Mario, I don't recommend pyrolysis on IC chips. The reason is it leaves all of the carbon behind as charcoal. It creates black mud when milled and the volume of material stays very close to your starting volume. It's better to incinerate where the carbon is converted by heat and oxygen to carbon dioxide. This reduces the volume to a fraction of the starting volume and leaves a fine white ash resembling talcum powder. I would hate to see you just starting out and creating a major headache for yourself right off the bat.


----------



## 4metals (Mar 22, 2014)

The advantage of pyrolysis on circuit boards is its ability to efficiently burn the smoke from all of the volatiles. The carbon can be burned off by incineration but there is no smoke to deal with. 

I know one guy who uses pyrolysis followed by incineration in a Smartash portable incinerator which he rolls out the garage door and burns in the lot. No smoke!

I've used large incinerators with equally large afterburners to burn PC boards and they have to be fed so slow to prevent a plume smoking after the afterburner. 

In my book pyrolysis is the way to go. If the volume of the ash is an issue it can be burnt completely in much less sophisticated equipment without breaking the bank.


----------



## 4metals (Mar 22, 2014)

I've made something similar to the video and used it for burning jewelers sweeps with excellent results.

We used pellets because the guy had no gas in his place but we did hook up a gas line for a small bottle to both start it off and finish it. 

View attachment pyrolysis container.pdf


View attachment pyrolysis top view.pdf


----------



## goldenchild (Mar 22, 2014)

So it would seem that I would have to try both pyrolysis _and_ incineration to see what suits me best. I actually have already incinerated 100 grams of square flatpacks using a torch and open cast iron ware. It stunk and boy did that small amount create a load of smoke. One thing that I had in mind before looking at pyrolysis was an ordinary charcoal grill like below. If I took say a cast iron pan buried it in coals and put the lid on the grill would that be enough to incinerate? I mean would it be hot enough to turn the chips into ash?


----------



## joubjonn (Mar 22, 2014)

I did IC's and flat packs today. I use a medium stainless shallow pan on my crawfish propane burner (similar to a turkey fryer setup). Put the pan on that with the IC's and let them smoke. Then I place a cookie sheet ontop to get them real hot. Unfortunate some of those big thick IC's just don't break up well. I have spent all day sorting, panning, nitric leach, incinerate again with a smaller soup pan on the same burner. Pan a lot of ash again and now I'm doing the HCl/Cl on all that. Got some nice looking gold on the bottom of the Pyrex. 600 grams of mostly RAM and about 50 black top BGA chips. 

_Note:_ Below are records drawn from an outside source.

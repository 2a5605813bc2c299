// Replays a list of calls on both ends of the trunk, one a line from standard input, and prints what each call gave and how both ends stand.
#![tactic(auto)]

mod answers;
mod calls;
mod script;
mod units;

use calls::State;
use script::Before;
use text::lines;

fn main(rt: HostRuntime) {
    let mut state = State::new();
    if lines::run(&rt, |line| state.run(&rt, line)) && state.before != Before::Nothing {
        units::show_ends(&rt, state.near, state.far);
    }
}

I really think I'm going to build myself a sluice. This ash panning took me hours and I'm sure I lost some. 

The magnetic legs were soaked in HCL to remove tin then I started a new AP with those in a coffee beaker.


----------



## Pantherlikher (Mar 22, 2014)

I'm planning on pyrolizing everything in turn and then incinerate to reduce the smoke and smell.

So far, I pyrolized a few keyboards and have it in a container till spring when I get a nice warm day so I can incinerate and see what the results are. I read a couple of posts so desided to give it a go and see how it processes out.

I also had 1gal bucket of phone and network cable ends I soaked in HCL +bleach. Got alot but pyrolized them as well and will mill up and see what becomes of the mess.

I found an esspresso machine had a stainless steel tank inside, about quart size, that sealed up nice with an outlet pipe and it works great in my outdoor fireplace, Chimnea as it's called.

In the pic, the can is seen in the lower middle of the flames and as you can see, adding a bit of wood in the stack creates a large flame out the top. I had it over 5' from the stack with some rolled up cardboard.
I'd say that's about good enough for burning anything comming out of the can. No smoke or smell.

B.S.


----------